A Nova Zelândia é notável por seu isolamento geográfico: está situada a cerca de 2000 km a sudeste da Austrália através do mar da Tasmânia e os seus vizinhos mais próximos no norte são a Nova Caledônia, Fiji e Tonga. Devido ao seu isolamento, a Nova Zelândia desenvolveu uma fauna distinta dominada por pássaros, alguns dos quais foram extintos após a chegada dos seres humanos e dos mamíferos introduzidos por eles.
A maioria da população da Nova Zelândia é de ascendência Européia, os nativos Māoris são a maior minoria. Asiáticos e polinésios não-Māori também são grupos de minoria significativa, especialmente em áreas urbanas. A língua mais falada é o Inglês.
A Nova Zelândia é um país desenvolvido que se posiciona muito bem em comparações internacionais sobre o desenvolvimento humano, qualidade de vida, esperança de vida, alfabetização, educação pública, paz, prosperidade, liberdade econômica, facilidade de fazer negócios, falta de corrupção, liberdade de imprensa e proteção das liberdades civis e dos direitos políticos. Suas cidades também são consideradas as mais habitáveis do mundo.
Elizabeth II, como a Rainha da Nova Zelândia, é a chefe de estado do país e é representada por um Governador-Geral cerimonial, que detém poderes de reserva. A rainha não tem nenhuma influência política real e sua posição é essencialmente simbólica. O poder político é mantido pelo democraticamente eleito Parlamento da Nova Zelândia, sob a liderança do Primeiro-Ministro, que é o chefe de governo do país.
A Nova Zelândia é um dos pedaços de terra mais recentemente descobertos. Os primeiros povoadores conhecidos foram os polinésios orientais que, de acordo com a maioria dos pesquisadores, chegaram de canoa por volta de 1250-1300 da era cristã. Alguns pesquisadores sugeriram uma onda anterior de chegadas cujas datas remontariam a 50-150 d.C.; esses povos então desapareceram ou deixaram as ilhas. Ao longo dos séculos seguintes, esses colonos desenvolveram uma cultura distinta agora conhecida como māori. A população era dividida em iwi (tribos) e hapū (subtribos), que cooperavam, competiam e às vezes lutavam uns com os outros. Em algum momento um grupo māori migrou para as Ilhas Chatham onde desenvolveram sua distinta cultura .
Os primeiros europeus conhecidos por terem chegado à Nova Zelândia foram o explorador neerlandês Abel Janszoon Tasman e sua tripulação em 1642. Os māoris mataram vários membros da tripulação e os europeus não retornaram à Nova Zelândia até a viagem do explorador britânico James Cook em 1768-71. Cook chegou à Nova Zelândia em 1769 e mapeou quase toda a linha costeira. Depois de Cook, a Nova Zelândia foi visitada por numerosos navios europeus e norte-americanos, destinados ao comércio, à caça de baleias e de leões-marinhos. Os europeus trocavam alimentos e mercadorias, especialmente ferramentas de metal e armas, por madeira, alimentos, artefatos e água māori. Em certas ocasiões, os europeus trocavam mercadorias por sexo.
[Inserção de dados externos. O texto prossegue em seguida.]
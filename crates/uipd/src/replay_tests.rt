// Schedules that were worked by hand: the file `h` holds the image of a site, and `i` the schedule.
use crate::harness::{IMAGE, Trial, bad, check_all};
use crate::site_tests::HITS;
use crate::status::Status;
use link_replay::Why;
use site_commands::SiteWhy;
use std::test::Fail;

// A client receives a page.
const PAGE: &[u8] =
    b"client 10.0.0.2 1025 0 536 get /\nopen 1\nround\nround\nround\nround\nround\nround\nround\nround\nround\n\
    round\nround\nround\n";

// The page is lost nine times, and the node resets.
const LOST_SEGMENT: &[u8] =
    b"client 10.0.0.2 1025 0 536 get /\nopen 1\nround\nround\nround\ntick 249\ngive 13\n";

// The answers to the SYN are lost, and a second SYN opens a connection.
const LOST_SYN_ACKS: &[u8] =
    b"client 10.0.0.2 1025 0 536 get /\nopen 1\nround\ntick 102\nlose\nagain 1\nround\nround\nround\nround\nround\n\
    round\nround\nround\nround\nround\nround\nround\n";

// A request that is no `GET`, in segments of one byte.
const RAW: &[u8] =
    b"client 10.0.0.2 1025 0 1 raw 504f5354202f20\nopen 1\nround\nround\nround\nround\nround\nround\nround\nround\n\
    round\nround\nround\nround\nround\nround\n";

// The SYN arrives again long after the connection has ended.
const LATE_SYN: &[u8] =
    b"client 10.0.0.2 1025 0 536 get /\nclient 10.0.0.3 1025 0 536 get /\nopen 1\nround\nround\nround\nround\n\
    round\nround\nround\nround\nround\nround\nround\nround\ntick 120\ngive 1\n";

// The client shrinks its window while a segment is lost.
const SHRUNK_WINDOW: &[u8] =
    b"client 10.0.0.2 1025 0 536 get /\nopen 1\nround\nround\nround\nround\nround\nlose\nwindow 1 40\nagain 1\n\
    round\ntick 4\nround\nround\nround\nround\nround\nround\nround\n";

// The counters change before their text is retransmitted.
const GENERATOR_AGAIN: &[u8] =
    b"client 10.0.0.2 1025 0 536 get /s.shtml\nopen 1\nround\nround\nround\nround\nround\nlose\nping 10.0.0.9\n\
    ping 10.0.0.9\nround\ntick 4\nround\nround\nround\nround\nround\nround\nround\n";

// Eleven clients for ten slots.
const FULL_TABLE: &[u8] =
    b"client 10.0.0.2 1025 0 536 get /t.shtml\nclient 10.0.0.2 1026 0 536 get /\nclient 10.0.0.2 1027 0 536 get /\n\
    client 10.0.0.2 1028 0 536 get /\nclient 10.0.0.2 1029 0 536 get /\nclient 10.0.0.2 1030 0 536 get /\n\
    client 10.0.0.2 1031 0 536 get /\nclient 10.0.0.2 1032 0 536 get /\nclient 10.0.0.2 1033 0 536 get /\n\
    client 10.0.0.2 1034 0 536 get /\nclient 10.0.0.2 1035 0 536 get /\nopen 1\nopen 2\nopen 3\nopen 4\nopen 5\n\
    open 6\nopen 7\nopen 8\nopen 9\nopen 10\nopen 11\nround\nround\ngive 22\ngive 32\ngive 33\ngive 34\ngive 35\n\
    give 36\ngive 37\ngive 38\ngive 39\ngive 40\n";

// A segment and an acknowledgement arrive again.
const REPEATS: &[u8] =
    b"client 10.0.0.2 1025 0 536 get /\nopen 1\nround\nround\nround\nround\ngive 4\nround\nround\nround\ngive 5\n\
    round\nround\nround\nround\nround\n";

// Rounds alone: two for the request, eight for the four parts of the page, and six more.
const HONEST: &[u8] =
    b"client 10.0.0.2 1025 0 536 get /\nopen 1\nround\nround\nround\nround\nround\nround\nround\nround\n\
    round\nround\nround\nround\nround\nround\nround\nround\n";

// The client closes first.
const CLIENT_FIRST: &[u8] =
    b"client 10.0.0.2 1025 0 536 get /\nopen 1\nround\nround\nround\nround\nclose 1\ngive 6\ngive 7\ngive 8\n\
    give 9\ngive 10\ngive 11\ngive 12\n";

// The page is damaged, and retransmitted.
const DAMAGED: &[u8] =
    b"client 10.0.0.2 1025 0 536 get /\nopen 1\nround\nround\nround\ndamage 4 45 1\nlose\ntick 4\nround\nround\n\
    round\nround\nround\n";

// The client closes in the middle of a request.
const RESET: &[u8] =
    b"client 10.0.0.2 1025 0 536 raw 474554\nopen 1\nround\nround\nround\nround\nclose 1\nround\nround\n";

// Two clients, one after the other.
const TWO: &[u8] =
    b"client 10.0.0.2 1025 0 536 get /h.shtml\nclient 10.0.0.2 1026 0 536 get /h.shtml\nopen 1\nround\nround\n\
    round\nround\nround\nround\nround\nround\nround\nround\nround\nround\nround\nround\nopen 2\nround\nround\nround\n\
    round\nround\nround\nround\nround\nround\nround\nround\nround\nround\nround\n";

/// A site whose page has all counters, twice. [add: counter]
const STATISTICS: &[u8] = b"UIPSITE1\0\x01\x08/s.shtml\0\0\0\x1a%! net-stats\n%! net-stats\n";

const CONNECTIONS: &[u8] = b"UIPSITE1\0\x01\x08/t.shtml\0\0\0\x13%! tcp-connections\n";

// The start of the image of a site of 1000 bytes.
const LARGE_FRONT: &[u8] = b"UIPSITE1\0\x01\x0b/index.html\0\0\x03\xe8";

const FULL_TABLE_REPORT: &[u8] =
    b"client 1 closed 983 clean\nclient 2 open 0 clean\nclient 3 open 0 clean\nclient 4 open 0 clean\n\
    client 5 open 0 clean\nclient 6 open 0 clean\nclient 7 open 0 clean\nclient 8 open 0 clean\nclient 9 open 0 clean\n\
    client 10 open 0 clean\nclient 11 opening 0 clean\nticks 0 datagrams 40\n";

const SHOWN: &[u8] =
    b"1 0 c1 S 1000 0\n2 0 n1 SA 0 0\n3 0 c1 AP 1001 18\n4 0 n1 AP 1 86\n5 0 c1 A 1019 0\n6 0 n1 AF 87 0\n\
    7 0 c1 AF 1019 0\n8 0 n1 A 88 0\nclient 1 closed 86 clean\ntext \
    485454502f312e3020323030204f4b0d0a5365727665723a207549502f312e300d0a436f6e6e656374696f6e3a20636c\
    6f73650d0a436f6e74656e742d747970653a20746578742f68746d6c0d0a0d0a68656c6c6f0a\nticks 0 datagrams 8\n";

fn replaying<'a>(site: &'a [u8], schedule: &'a [u8], report: &'a [u8]) -> Trial<'static, 'a> {
    Trial {
        i: schedule,
        ..Trial::over(&["replay", "h", "i"], site, report, Status::Done)
    }
}

fn refused<'a>(schedule: &'a [u8], expected: &'a [u8], line: u32, why: Why) -> Trial<'static, 'a> {
    replaying(IMAGE, schedule, expected).ending(Status::BadSchedule { line, why })
}

/// [add: schedule-line] A schedule with the line, and its report.
#[test]
fn replays_a_page(rt: HostRuntime) -> Result<(), Fail> {
    let closed: &[u8] = b"client 1 closed 86 clean\nticks 0 datagrams 8\n";
    let rows = [
        replaying(IMAGE, PAGE, closed),
        Trial {
            words: &["replay", "h", "i", "show"],
            ..replaying(IMAGE, PAGE, SHOWN)
        },
        Trial {
            words: &["replay", "-", "i"],
            ..replaying(
                b"",
                PAGE,
                b"client 1 closed 97 clean\nticks 0 datagrams 8\n",
            )
        },
        replaying(
            IMAGE,
            LOST_SEGMENT,
            b"client 1 reset 0 clean\nticks 249 datagrams 13\n",
        ),
        replaying(
            IMAGE,
            LOST_SYN_ACKS,
            b"client 1 closed 86 clean\nticks 102 datagrams 16\n",
        ),
        replaying(
            IMAGE,
            RAW,
            b"client 1 closed 0 clean\nticks 0 datagrams 14\n",
        ),
        replaying(
            IMAGE,
            LATE_SYN,
            b"client 1 closed 86 stale\nclient 2 idle 0 clean\nticks 120 datagrams 9\n",
        ),
        replaying(
            IMAGE,
            DAMAGED,
            b"client 1 closed 86 clean\nticks 4 datagrams 9\n",
        ),
        replaying(
            IMAGE,
            RESET,
            b"client 1 reset 0 clean\nticks 0 datagrams 6\n",
        ),
        Trial {
            room: 10,
            status: Status::WriteFault,
            ..replaying(IMAGE, PAGE, &closed[..10])
        },
    ];
    check_all(&rt, rt.alloc(), &rows)
}

// The eleventh SYN gets the slot of a connection in TIME-WAIT, and a late datagram of that connection arrives.
const ELEVENTH: &[u8] =
    b"client 10.0.0.2 1025 0 536 get /\nclient 10.0.0.2 1026 0 536 get /\nclient 10.0.0.2 1027 0 536 get /\n\
    client 10.0.0.2 1028 0 536 get /\nclient 10.0.0.2 1029 0 536 get /\nclient 10.0.0.2 1030 0 536 get /\n\
    client 10.0.0.2 1031 0 536 get /\nclient 10.0.0.2 1032 0 536 get /\nclient 10.0.0.2 1033 0 536 get /\n\
    client 10.0.0.2 1034 0 536 get /\nclient 10.0.0.2 1035 0 536 get /\nopen 1\nopen 2\nopen 3\nopen 4\nopen 5\n\
    open 6\nopen 7\nopen 8\nopen 9\nopen 10\nround\nround\nround\nround\nround\nround\nround\nround\nopen 11\n\
    round\ngive 41\nround\nround\nround\nround\nround\nround\nround\n";

const ELEVENTH_REPORT: &[u8] =
    b"client 1 closed 86 stale\nclient 2 closed 86 clean\nclient 3 closed 86 clean\nclient 4 closed 86 clean\n\
    client 5 closed 86 clean\nclient 6 closed 86 clean\nclient 7 closed 86 clean\nclient 8 closed 86 clean\n\
    client 9 closed 86 clean\nclient 10 closed 86 clean\nclient 11 closed 86 clean\nticks 0 datagrams 89\n";

// The client gives up, and what it sent before arrives later.
const GIVEN_UP: &[u8] =
    b"client 10.0.0.2 1025 0 536 get /\nopen 1\nround\nround\nround\nabort 1\ngive 5\ngive 4\n";

// A request that is never decided, for as long as the server waits, and one tick less.
const PATIENT: &[u8] =
    b"client 10.0.0.2 1025 0 536 raw 474554\nopen 1\nround\nround\nround\nround\ntick 19\nround\n";

const GIVEN_UP_ON: &[u8] =
    b"client 10.0.0.2 1025 0 536 raw 474554\nopen 1\nround\nround\nround\nround\ntick 20\nround\n";

#[test]
fn replays_what_comes_late(rt: HostRuntime) -> Result<(), Fail> {
    let rows = [
        replaying(IMAGE, ELEVENTH, ELEVENTH_REPORT),
        replaying(
            IMAGE,
            GIVEN_UP,
            b"client 1 reset 0 stale\nticks 0 datagrams 5\n",
        ),
        replaying(
            IMAGE,
            PATIENT,
            b"client 1 open 0 clean\nticks 19 datagrams 4\n",
        ),
        replaying(
            IMAGE,
            GIVEN_UP_ON,
            b"client 1 reset 0 clean\nticks 20 datagrams 5\n",
        ),
    ];
    check_all(&rt, rt.alloc(), &rows)
}

// A page in segments of the greatest length.
const LONG_SEGMENTS: &[u8] =
    b"client 10.0.0.2 1025 1460 536 get /\nopen 1\nround\nround\nround\nround\nround\nround\nround\nround\n\
    round\nround\nround\n";

#[test]
fn shows_a_line_of_the_report(rt: HostRuntime) -> Result<(), Fail> {
    let alloc = rt.alloc();
    let mut long = b"UIPSITE1\0\x01\x0b/index.html\0\0\x07\xd0".to_vec(alloc)?;
    long.extend_from_slice(&[b'c'; 2000])?;
    let rows: [(&[u8], &[u8], &str); 8] = [
        (IMAGE, ELEVENTH, "\n83 0 n1 AR 87 0\n"),
        (IMAGE, LATE_SYN, "\nclient 1 closed 86 stale 1\n"),
        (IMAGE, GIVEN_UP, "\nclient 1 reset 0 stale 4\n"),
        (IMAGE, DAMAGED, "\n5 4 n1 AP 1 86 again\n"),
        (IMAGE, RESET, "\n6 0 n1 AR 1 0\n"),
        (&long, LONG_SEGMENTS, "\n4 0 n1 AP 1 1460\n"),
        (&long, LONG_SEGMENTS, "\n6 0 n1 AP 1461 620\n"),
        (&long, LONG_SEGMENTS, "\nclient 1 closed 2080 clean\n"),
    ];
    for (site, schedule, line) in rows {
        let row = Trial {
            words: &["replay", "h", "i", "show"],
            room: 65_536,
            ..replaying(site, schedule, b"")
        };
        assert!(rt; row.shows(alloc, line)?);
    }
    Ok(())
}

// If every number is used, one more datagram is refused.
#[test]
fn refuses_what_has_no_number(rt: HostRuntime) -> Result<(), Fail> {
    let alloc = rt.alloc();
    let mut schedule = b"client 10.0.0.2 1025 0 536 get /\nopen 1\n".to_vec(alloc)?;
    for _ in 0..65_535 {
        schedule.extend_from_slice(b"again 1\n")?;
    }
    let row = refused(&schedule, b"bad schedule full 65537\n", 65_537, Why::Full);
    check_all(&rt, alloc, &[row])
}

#[test]
fn replays_larger_pages(rt: HostRuntime) -> Result<(), Fail> {
    let alloc = rt.alloc();
    let mut large = LARGE_FRONT.to_vec(alloc)?;
    large.extend_from_slice(&[b'a'; 1000])?;
    let rows = [
        replaying(
            &large,
            SHRUNK_WINDOW,
            b"client 1 closed 1080 clean\nticks 4 datagrams 14\n",
        ),
        replaying(
            &large,
            REPEATS,
            b"client 1 closed 1080 clean\nticks 0 datagrams 13\n",
        ),
        replaying(
            &large,
            HONEST,
            b"client 1 closed 1080 clean\nticks 0 datagrams 12\n",
        ),
        replaying(
            &large,
            CLIENT_FIRST,
            b"client 1 ended 1080 clean\nticks 0 datagrams 12\n",
        ),
        replaying(
            STATISTICS,
            GENERATOR_AGAIN,
            b"client 1 closed 520 clean\nticks 4 datagrams 17\n",
        ),
        replaying(CONNECTIONS, FULL_TABLE, FULL_TABLE_REPORT),
        replaying(
            HITS,
            TWO,
            b"client 1 closed 90 clean\nclient 2 closed 90 clean\nticks 0 datagrams 20\n",
        ),
    ];
    check_all(&rt, alloc, &rows)
}

#[test]
fn refuses_schedules(rt: HostRuntime) -> Result<(), Fail> {
    let alloc = rt.alloc();
    let long = vec![in alloc; b'\n'; 4_194_305]?;
    let rows = [
        refused(&long, b"bad schedule long 0\n", 0, Why::Long),
        refused(b"tick 0\n", b"bad schedule form 1\n", 1, Why::Form),
        refused(b"round \n", b"bad schedule form 1\n", 1, Why::Form),
        refused(
            b"client 10.0.0.2 1025 0 536 get /\nclient 10.0.0.2 1025 0 536 get /\n",
            b"bad schedule ports 2\n",
            2,
            Why::Ports,
        ),
        refused(
            b"client 10.0.0.2 1025 0 536 get /\nopen 2\n",
            b"bad schedule client 2\n",
            2,
            Why::NoClient,
        ),
        refused(
            b"client 10.0.0.2 1025 0 536 get /\nopen 1\ngive 2\n",
            b"bad schedule datagram 3\n",
            3,
            Why::NoDatagram,
        ),
        refused(
            b"client 10.0.0.2 1025 0 536 get /\ngive 1\nopen 1\n",
            b"bad schedule datagram 2\n",
            2,
            Why::NoDatagram,
        ),
        refused(
            b"client 10.0.0.2 1025 0 536 get /\nopen 1\nround\nround\nround\ndamage 4 126 1\n",
            b"bad schedule byte 6\n",
            6,
            Why::NoByte,
        ),
        replaying(&IMAGE[..15], b"tick 0\n", b"bad site cut 1\n").ending(bad(SiteWhy::Cut, 1)),
    ];
    check_all(&rt, alloc, &rows)
}

#[test]
fn asks_for_both_files(rt: HostRuntime) -> Result<(), Fail> {
    let lacking = replaying(IMAGE, PAGE, b"").ending(Status::ShelfFault);
    let rows = [
        Trial {
            words: &["replay", "g", "i"],
            ..lacking
        },
        Trial {
            words: &["replay", "h", "g"],
            ..lacking
        },
        Trial {
            words: &["replay", "h", "g"],
            h: b"UIPSITE",
            ..lacking
        },
        Trial {
            words: &["replay", "-", "g"],
            ..lacking
        },
        Trial {
            shelf_fails: &[1],
            ..lacking
        },
        Trial {
            shelf_fails: &[3],
            ..lacking
        },
    ];
    check_all(&rt, rt.alloc(), &rows)
}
A batata e a espingarda transformaram a agricultura e as formas de guerra maori, embora a resultante Guerra dos Mosquetes tenha acabado assim que o desequilíbrio de armas entre as tribos fora corrigido. Desde o início do século XIX, missionários cristãos começaram a se estabelecer na Nova Zelândia, afinal convertendo a maioria da população maori, que tinha ficado desiludida com sua fé indígena pela introdução da cultura ocidental.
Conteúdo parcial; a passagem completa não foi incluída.